How to interpret the P numbers that fairseq generate produces?

Using fairseq-generate.py, with the transformer architecture, each translation produces a section like this:

Why is it rare to discover new marine mammal species?
S-0     Why is it rare to discover new marine mam@@ mal species ?
H-0     -0.0643349438905716     Pourquoi est-il rare de découvrir de nouvelles espèces de mammifères marins?
P-0     -0.0763 -0.1849 -0.0956 -0.0946 -0.0735 -0.1150 -0.1301 -0.0042 -0.0321 -0.0171 -0.0052 -0.0062 -0.0015

With this explanation:

H is the hypothesis along with an average log-likelihood; and P is the positional score per token position, including the end-of-sentence marker

I'm wondering if it is reasonable to say a low (absolute) number in the P row means higher confidence in that particular word? E.g. does -0.07 for "Pourquoi" means it was happier about that than it was (-0.1849) for "est-il"? And the low -0.0015 at the end means it was really confident the sentence should end there.

Background: What I'm trying to work out is if I can use either the H number, or somehow to use the individual P numbers, to get a confidence measure in its translation. I've been analyzing a handful of translations against the H number and didn't notice much correspondence between it and my subjective opinion of translation quality. But I've a couple where I thought it was particularly poor - it had missed a bit of key information - and the final P number was a relatively high -0.6099 and -0.3091 (The final P number is -0.11 or so on most of them.)

Solution

Q: I'm wondering if it is reasonable to say a low (absolute) number in the P row means higher confidence in that particular word?

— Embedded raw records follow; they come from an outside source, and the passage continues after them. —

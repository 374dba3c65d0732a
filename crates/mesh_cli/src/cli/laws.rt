// The laws of commands. These functions compute nothing.
ghost use Rattle.std.specs.Prelude.{◌≡◌, ◌⊎◌, ◌↔◌, ℕ, ℤ, List, Ok, Err, Result, true, false};
ghost use Rattle.std.specs.declared.option.Option.{Option};
ghost use Rattle.mesh_list.specs.Counts.{Rose};
ghost use Rattle.mesh_base.specs.declared.forgets.Restate.{Restate};
ghost use Rattle.mesh_house.specs.declared.world.Change.{Change};
ghost use Rattle.mesh_house.specs.declared.world.World.{World};
ghost use Rattle.mesh_house.specs.Runs.{IsRun};
ghost use Rattle.mesh_layer.specs.Shows.{Tells};
ghost use Rattle.mesh_cli_answer.specs.Answers.{IsAlone, is_early, is_fault};
ghost use Rattle.mesh_cli_print.specs.declared.printed.refusals.Refusal.{Refusal};
ghost use Rattle.mesh_cli_words.specs.declared.line.Command.{Command as Asked};
ghost use Rattle.mesh_cli_words.specs.declared.line.Command.TheVariants as asked;
ghost use Rattle.mesh_cli.specs.cli.Asked.{Gives, Makes};
ghost use Rattle.mesh_cli.specs.cli.Ends.{Ended};
ghost use Rattle.mesh_cli_print.specs.printed.Printing.{IsWritten, Sinks};
ghost use Rattle.mesh_cli.specs.cli.Sides.{Sides};

/// A command that ends with status 0 made exactly the changes that it has for the world that the house told, one call
/// each, and wrote the text that it gives there; nothing was written on the other sink.
#[tactic(auto, using(crate::proofs::cli::Ending::done_made, crate::proofs::cli::Ending::done_told))]
pub fn commands_that_are_done_made_their_changes()
    ensures made { (dir : List ℕ) (c : Asked) (old new : Sides) (sinks printed : Sinks) (w : World) → Ended dir c old new sinks printed 0 → Tells old.house w →
        (list : List Change) × Makes dir old c w list × IsRun list w old.house.calls new.house }
    ensures told { (dir : List ℕ) (c : Asked) (old new : Sides) (sinks printed : Sinks) (w : World) → Ended dir c old new sinks printed 0 → Tells old.house w →
        (text : List ℕ) × Gives dir old c w (Ok text) × IsWritten text sinks.out printed.out × (printed.err ≡ sinks.err) }
{}

/// A command that is refused before its changes leaves the house alone.
#[tactic(auto, using(crate::proofs::cli::Ending::refused_left_alone))]
pub fn commands_that_are_refused_change_nothing()
    ensures { (dir : List ℕ) (c : Asked) (old new : Sides) (sinks printed : Sinks) (s : ℕ) → (ended : Ended dir c old new sinks printed s) → (r : Refusal) → ended.answer ≡ Err r → is_early r ≡ true → IsAlone old.house new.house }
{}

/// A command for which nothing stands against it in the world that the house told, and during which nothing failed,
/// ends with status 0, or with 4 for want of memory.
#[tactic(auto, using(crate::proofs::cli::Ending::nothing_against_it))]
pub fn commands_without_a_refusal_are_done()
    ensures { (dir : List ℕ) (c : Asked) (old new : Sides) (sinks printed : Sinks) (w : World) (s : ℕ) → Ended dir c old new sinks printed s → Tells old.house w →
        ((r : Refusal) → is_fault r ≡ false → ¬ Gives dir old c w (Err r)) → ¬ Rose old.house.faults new.house.faults → ¬ Rose old.folder.faults new.folder.faults → ¬ Rose old.clock.faults new.clock.faults →
        ¬ Rose sinks.out.faults printed.out.faults → ¬ Rose sinks.err.faults printed.err.faults → (s ≡ 0) ⊎ (s ≡ 4) }
{}

/// What a command makes and gives is the same for every number of workers.
pub fn workers_change_nothing()
    ensures made { (dir env : List ℕ) (s : Sides) (few many : ℕ) (moment : Option ℤ) (again : Option Restate) (w : World) (list : List Change) → Makes dir s (asked.Apply env few moment again) w list → Makes dir s (asked.Apply env many moment again) w list }
    ensures given { (dir env : List ℕ) (s : Sides) (few many : ℕ) (moment : Option ℤ) (again : Option Restate) (w : World) (answer : Result (List ℕ) Refusal) → Gives dir s (asked.Apply env few moment again) w answer → Gives dir s (asked.Apply env many moment again) w answer }
    ensures run_made { (dir env : List ℕ) (s : Sides) (few many : ℕ) (moment : Option ℤ) (w : World) (list : List Change) → Makes dir s (asked.Run env few moment) w list → Makes dir s (asked.Run env many moment) w list }
    ensures demo_given { (dir : List ℕ) (s : Sides) (n few many : ℕ) (w : World) (answer : Result (List ℕ) Refusal) → Gives dir s (asked.Demo n few) w answer → Gives dir s (asked.Demo n many) w answer }
    ensures run_given { (dir env : List ℕ) (s : Sides) (few many : ℕ) (moment : Option ℤ) (w : World) (answer : Result (List ℕ) Refusal) → Gives dir s (asked.Run env few moment) w answer → Gives dir s (asked.Run env many moment) w answer }
{}

/// A plan that is applied at once makes and gives what an apply does.
pub fn plans_applied_at_once_are_applies()
    ensures made { (dir env : List ℕ) (s : Sides) (workers : ℕ) (moment : Option ℤ) (again : Option Restate) (w : World) (list : List Change) → Makes dir s (asked.Plan env true workers moment again) w list ↔ Makes dir s (asked.Apply env workers moment again) w list }
    ensures given { (dir env : List ℕ) (s : Sides) (workers : ℕ) (moment : Option ℤ) (again : Option Restate) (w : World) (answer : Result (List ℕ) Refusal) → Gives dir s (asked.Plan env true workers moment again) w answer ↔ Gives dir s (asked.Apply env workers moment again) w answer }
{}
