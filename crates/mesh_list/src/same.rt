// Tests that two values are the same.
ghost use Rattle.std.specs.Prelude.{◌≡◌, ◌↔◌, IsTrue};

use crate::keyed::{Keyed, Sorted};
use crate::registers::Register;
use crate::seqs::Seq;

/// What can be compared for being the same.
pub trait Same {
    fn same(&self, other: &Self) -> bool
        ensures { IsTrue result ↔ (self.now ≡ other.now) };
}

impl Same for u8 {
    fn same(&self, other: &u8) -> bool {
        *self == *other
    }
}

impl Same for u32 {
    fn same(&self, other: &u32) -> bool {
        *self == *other
    }
}

impl Same for u64 {
    fn same(&self, other: &u64) -> bool {
        *self == *other
    }
}

impl Same for i64 {
    fn same(&self, other: &i64) -> bool {
        *self == *other
    }
}

/// Whether two slices have the same elements in the same order.
pub fn are_same<T: Same>(left: &[T], right: &[T]) -> bool
    ensures { IsTrue result ↔ (left.now ≡ right.now) }
{
    if left.len() != right.len() {
        return false;
    }
    for (i, x) in left.iter().enumerate() {
        if !x.same(&right[i]) {
            return false;
        }
    }
    true
}

impl<T: Same> Same for Seq<T> {
    fn same(&self, other: &Seq<T>) -> bool {
        are_same(self.as_slice(), other.as_slice())
    }
}

impl<T: Keyed + Same> Same for Sorted<T> {
    fn same(&self, other: &Sorted<T>) -> bool {
        are_same(self.as_slice(), other.as_slice())
    }
}

impl<T: Keyed + Same> Same for Register<T> {
    fn same(&self, other: &Register<T>) -> bool {
        are_same(self.as_slice(), other.as_slice())
    }
}

impl<T: Same> Same for Option<T> {
    fn same(&self, other: &Option<T>) -> bool {
        match self {
            Some(x) => match other {
                Some(y) => x.same(y),
                None => false,
            },
            None => match other {
                Some(_) => false,
                None => true,
            },
        }
    }
}
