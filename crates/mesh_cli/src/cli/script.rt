// A script: its size, and its lines.
ghost use Rattle.std.specs.Prelude.{◌≡◌, ◌⊎◌, IfOk};
ghost use Rattle.mesh_cli_print.specs.declared.printed.refusals.Refusal.TheVariants.{Memory as NoMemory};
ghost use Rattle.mesh_cli_values.specs.scripts.Scripts.{lines};
ghost use Rattle.mesh_cli.specs.cli.Scripts.{IsScript, too_large};

use crate::cli::moment::of_io;
use mesh_base_values::Str;
use mesh_cli_print::printed::Refusal;
use mesh_io::{Source, take_all};
use mesh_list::{Duplicate, Memory, Seq};
use mesh_query_tokens::FaultKind;
use std::alloc::Global;

/// The most bytes that a script has.
const MOST_SCRIPT: u64 = 1_048_576;

/// What stands in front of each line feed, and behind the last.
pub(crate) fn lines_of(alloc: Global, script: &[u8]) -> Result<Vec<Str>, Memory>
    ensures { IfOk result (λ texts. texts.items ≡ lines script.now) }
{
    let mut lines = Vec::new(alloc);
    let mut line = Vec::new(alloc);
    for b in script {
        if *b == b'\n' {
            lines.push(Seq::from_vec(line))?;
            line = Vec::new(alloc);
        } else {
            line.push(*b)?;
        }
    }
    lines.push(Seq::from_vec(line))?;
    Ok(lines)
}

fn too_large(alloc: Global) -> Result<Refusal, Memory>
    ensures { IfOk result (λ refusal. refusal ≡ too_large) }
{
    let file = u8::copy_items(alloc, b"-")?;
    let what = u8::copy_items(alloc, b"script")?;
    Ok(Refusal::Model {
        file,
        at: 0,
        kind: FaultKind::TooLarge {
            what,
            limit: MOST_SCRIPT,
        },
    })
}

fn refused(alloc: Global) -> Refusal
    ensures { (result ≡ NoMemory) ⊎ (result ≡ too_large) }
{
    match too_large(alloc) {
        Ok(refusal) => refusal,
        Err(Memory) => Refusal::Memory,
    }
}

/// The script, which is all of the input.
pub(crate) fn script_of<S: Source>(alloc: Global, input: &mut S) -> Result<Str, Refusal>
    ensures { IsScript (S.told input.old) (S.told input.new) result }
{
    match take_all(input, alloc, MOST_SCRIPT + 1) {
        Err(fail) => Err(of_io(fail)),
        Ok(script) => {
            if script.len() as u64 <= MOST_SCRIPT {
                Ok(script)
            } else {
                Err(refused(alloc))
            }
        }
    }
}
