// The words that the host gives, and the file that they name.
use crate::line::{Command, Line, UsageFault};
use crate::read::read_words;
use mesh_base_values::{Str, same_text};
use mesh_list::{Duplicate, Memory, Seq};
use std::alloc::Global;
use std::env::{Env, FillError};

/// The file of the warehouse where the words name none.
const WAREHOUSE: &str = "warehouse.db";

/// The bytes of the longest word that is read.
const LONGEST_WORD: usize = 1 << 26;

/// The most words that are read: a command has far fewer.
const MOST_WORDS: usize = 1 << 20;

/// The word at a place, as its bytes, and none behind the last. A buffer that is too short is made longer.
fn word_at<R: Env + AllocGlobal>(rt: &R, at: usize) -> Result<Option<Str>, Memory> {
    let mut size = 256usize;
    for _ in 0..20u32 {
        let mut buffer = vec![in rt.alloc(); 0u8; size]?;
        match rt.arg(at, buffer.as_mut_slice()) {
            Ok(length) => {
                buffer.truncate(length);
                return Ok(Some(Seq::from_vec(buffer)));
            }
            Err(FillError::NotPresent) => return Ok(None),
            Err(FillError::TooLong) => {
                if size > LONGEST_WORD {
                    return Err(Memory);
                }
                size *= 2;
            }
        }
    }
    Err(Memory)
}

/// The words behind the program's own name.
pub fn host_words<R: Env + AllocGlobal>(rt: &R) -> Result<Vec<Str>, Memory> {
    let mut words = Vec::new(rt.alloc());
    for at in 1..MOST_WORDS {
        match word_at(rt, at)? {
            Some(word) => words.push(word)?,
            None => break,
        }
    }
    Ok(words)
}

/// The file of that name, or of none; none where it is in memory.
fn file_of(alloc: Global, name: Option<&Str>) -> Result<Option<Str>, Memory> {
    let Some(name) = name else {
        return Ok(Some(u8::copy_items(alloc, WAREHOUSE.as_bytes())?));
    };
    if same_text(name.as_slice(), b":memory:") {
        return Ok(None);
    }
    Ok(Some(name.copy()?))
}

/// Whether a command stands on the project alone: a file isn't opened for it.
fn stands_on_project(command: &Command) -> bool {
    match command {
        Command::Trace { .. } | Command::Impact { .. } => true,
        _ => false,
    }
}

fn line_file(alloc: Global, line: &Line) -> Result<Option<Str>, Memory> {
    if stands_on_project(&line.command) {
        return Ok(None);
    }
    file_of(alloc, line.warehouse.as_ref())
}

/// The file of the warehouse, or none where it is in memory, where the command stands on the project alone, and where
/// the words are no command line.
pub fn warehouse_file(alloc: Global, words: &[Str]) -> Result<Option<Str>, Memory> {
    match read_words(alloc, words) {
        // A warehouse in memory in the place of the file would keep nothing.
        Err(UsageFault::Memory) => Err(Memory),
        Err(UsageFault::Usage) => Ok(None),
        Ok(line) => line_file(alloc, &line),
    }
}
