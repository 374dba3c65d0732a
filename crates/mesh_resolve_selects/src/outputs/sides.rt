// The sides of each UNION ALL.
ghost use Rattle.std.specs.Prelude.{◌≡◌};
ghost use Rattle.std.specs.List.{list_all};
ghost use Rattle.mesh_base.specs.Outputs.{item_columns};
ghost use Rattle.mesh_query_tokens.specs.Gives.{Gives};
ghost use Rattle.mesh_base_values.specs.Types.{have_same_types};
ghost use Rattle.mesh_resolve_selects.specs.outputs.Sides.{are_sides_alike, with_sides_alike};

use mesh_base::{Ctes, Item, Query, Select, Selects};
use mesh_query_tokens::ReadFault;
use mesh_resolve_types::mismatch;

// Whether two lists of items have as many items, of the same types in the same order.
#[tactic(auto, using(crate::proofs::outputs::Unlike::unlike_items))]
fn have_same_types(a: &[Item], b: &[Item]) -> bool
    ensures { result ≡ have_same_types (item_columns a.now) (item_columns b.now) }
{
    if a.len() != b.len() {
        return false;
    }
    for i in 0..a.len() {
        if a[i].kind != b[i].kind {
            return false;
        }
    }
    true
}

fn are_sides_alike(all: &[Select]) -> bool
    ensures { result ≡ are_sides_alike all.now }
{
    match all {
        [] => true,
        [first, ..] => {
            for s in all {
                if !have_same_types(first.items.as_slice(), s.items.as_slice()) {
                    return false;
                }
            }
            true
        }
    }
}

fn are_all_alike(ctes: &[Selects]) -> bool
    ensures { result ≡ list_all are_sides_alike ctes.now }
{
    for c in ctes {
        if !are_sides_alike(c.as_slice()) {
            return false;
        }
    }
    true
}

/// The query, if the sides of each UNION ALL are alike.
pub fn with_sides_alike(ctes: Ctes, selects: Selects) -> Result<Query, ReadFault>
    ensures { Gives result (with_sides_alike ctes selects) }
{
    if are_all_alike(ctes.as_slice()) && are_sides_alike(selects.as_slice()) {
        Ok(Query { ctes, selects })
    } else {
        Err(mismatch(0))
    }
}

Yes. As the docs says, "P is the positional score per token position". The score is actually the log probability, therefore the higher (i.e., the lower absolute number) the more "confident". The source-code may not be that easy to follow, but the scores are generated by the SequenceScorer, and there you can see that scores are normalized (which includes a log either if when you're using a single model or an ensemble). Moreover, when printing the scores, they convert them from base e to 2:
```
print('P-{}\t{}'.format(
    sample_id,
    ' '.join(map(
        lambda x: '{:.4f}'.format(x),
        # convert from base e to base 2
        hypo['positional_scores'].div_(math.log(2)).tolist(),
))
```

Q: What I'm trying to work out is if I can use either the H number, or somehow to use the individual P numbers, to get a confidence measure in its translation.

It turns out that the H value is simply the average of the P values, as you can see here:
```
score_i = avg_probs_i.sum() / tgt_len
```
also converted to base 2. You can check that in your example:
```
import numpy as np
print(np.mean([-0.0763,-0.1849 ,-0.0956 ,-0.0946 ,-0.0735 ,-0.1150 ,-0.1301 ,-0.0042 ,-0.0321 ,-0.0171 ,-0.0052 ,-0.0062 ,-0.0015]))
# >>> -0.06433076923076922
```
Another measurement that is often used to assess the performance of a language model is Perplexity. And a good thing is that perplexity can be easily computed based on the P values, as shown in the Language Model example of the fairseq repository:
```
# Compute perplexity for a sequence
en_lm.score('Barack Obama is coming to Sydney and New Zealand')['positional_scores'].mean().neg().exp()
# tensor(15.1474)
```
I'm not an expert on NLP, so I can't really tell you which one you should use in your case.